- Genre: Sitcom
- Created by: Louie Anderson Matt Goldman
- Starring: Louie Anderson
- Composers: Tom Hiel Scott Pinkerton
- Country of origin: United States
- Original language: English
- No. of seasons: 1
- No. of episodes: 6 (1 unaired)

Production
- Executive producers: Matt Goldman Diane English Joel Shukovsky
- Camera setup: Multi-camera
- Running time: 30 minutes
- Production company: Shukovsky English Entertainment

Original release
- Network: CBS
- Release: January 31 – March 6, 1996

= The Louie Show =

American television sitcom

The Louie Show is an American sitcom television series that aired on CBS from January 31 until March 6, 1996, co-created by and starring comedian Louie Anderson.

==Premise==
A psychotherapist in Duluth, Minnesota deals with his friends and family.

==Cast==
- Louie Anderson as Dr.
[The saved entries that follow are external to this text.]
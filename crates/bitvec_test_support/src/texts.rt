//! What values print.
use std::alloc::Global;
use std::fmt;

/// Whether a value prints so by `{}`.
pub fn prints<V: fmt::Display>(alloc: Global, value: &V, text: &str) -> bool {
    match format!(in alloc; "{value}") {
        Ok(printed) => printed.as_str() == text,
        Err(_) => false,
    }
}

/// Whether a value prints so by `{:?}`.
pub fn shows<V: fmt::Debug>(alloc: Global, value: &V, text: &str) -> bool {
    match format!(in alloc; "{value:?}") {
        Ok(shown) => shown.as_str() == text,
        Err(_) => false,
    }
}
Louie Lundgren
- Bryan Cranston as Det. Curt Sincic
- Paul Feig as Dr. Jake Reinhardt
- Kate Hodge as Gretchen Lafayette
- Laura Innes as Sandy Sincic
- Nancy Becker-Kennedy as Helen
- Kimmy Robertson as Kimmy

==Episodes==

| No. | Title | Directed by | Written by | Original release date |
| 1 | "Take Two Donuts and Call Me in the Morning" | Asaad Kelada | Matt Goldman & Louie Anderson | January 31, 1996 |
Louie thinks he has to take in a roommate to defer the costs of a roof repair. He also encounters a hostile patient at work.
| 2 | "Louie Gets Suspended" | Asaad Kelada | Don Foster | February 7, 1996 |
Louie is late for his first meeting with a new supervisor, and she suspends him for a week.
| 3 | "Under the Rug" | Joanna Gleason | Jhoni Marchinko | February 14, 1996 |
Louie advises Eddie to remove his toupee.
| 4 | "Scratcher" | Asaad Kelada | Matt Goldman | February 21, 1996 |
Louie finds the lotto ticket of a compulsive gambler he has been counseling.
| 5 | "Louie's Little Trip" | Joanna Gleason | Don Foster and Jhoni Marchinko | March 6, 1996 |
Louie searches for Curt and Gretchen while he's high on morphine.
| 6 | "A Brush with Bob" | Joanna Gleason | Don Foster and Jhoni Marchinko | UNAIRED |
One of Louie's patients, an embezzler, asks Gretchen out on a date.